*TASK INSTRUCTIONS*. A word-for-word copy of the entries is the only acceptable reply.

*DATA PROVIDED*.
────────

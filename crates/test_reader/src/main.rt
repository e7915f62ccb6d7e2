//! Tests of the pull reader: the program reads rows of calls and writes each with its answer. What no row can show is in
//! the crate test_core: damage, skips, and how its errors compare.
//!
//! A row names one call of `Jiter`, or several joined by commas. The answer shows what each call returns, and after `@`
//! the index where it leaves the reader.
#![tactic(auto)]

mod known;
mod next;
mod prefixes;
mod reading;
mod told;

use std::alloc::{AllocError, Global};
use std::io;
use test_rows::{Row, row_of};

fn main(rt: HostRuntime) -> io::Result<()> {
    for line in rt.lines(rt.alloc()) {
        let line = line?;
        match row_of(line.as_str()) {
            Some(row) => {
                let answer = answer_of(rt.alloc(), row)?;
                println!(rt; "{line} => {answer}")?;
            }
            None => println!(rt; "{line}")?,
        }
    }
    Ok(())
}

// What the row's calls answer, on one line.
fn answer_of(alloc: Global, row: Row<'_>) -> Result<String, AllocError> {
    let answer = match row.call {
        "two_prefixes" => prefixes::answer(alloc, row)?,
        "types" => told::types(alloc)?,
        _ => reading::answer(alloc, row)?,
    };
    answer.replace(alloc, "\n", "%0A")
}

────────

*EXERCISE RESULT*.
filename crates/test_reader/src/main.rt
repository e7915f62ccb6d7e2
//! Tests of the pull reader: the program reads rows of calls and writes each with its answer. What no row can show is in
//! the crate test_core: damage, skips, and how its errors compare.
//!
//! A row names one call of `Jiter`, or several joined by commas. The answer shows what each call returns, and after `@`
//! the index where it leaves the reader.
#![tactic(auto)]

mod known;
mod next;
mod prefixes;
mod reading;
mod told;

use std::alloc::{AllocError, Global};
use std::io;
use test_rows::{Row, row_of};

fn main(rt: HostRuntime) -> io::Result<()> {
    for line in rt.lines(rt.alloc()) {
        let line = line?;
        match row_of(line.as_str()) {
            Some(row) => {
                let answer = answer_of(rt.alloc(), row)?;
                println!(rt; "{line} => {answer}")?;
            }
            None => println!(rt; "{line}")?,
        }
    }
    Ok(())
}

// What the row's calls answer, on one line.
fn answer_of(alloc: Global, row: Row<'_>) -> Result<String, AllocError> {
    let answer = match row.call {
        "two_prefixes" => prefixes::answer(alloc, row)?,
        "types" => told::types(alloc)?,
        _ => reading::answer(alloc, row)?,
    };
    answer.replace(alloc, "\n", "%0A")
}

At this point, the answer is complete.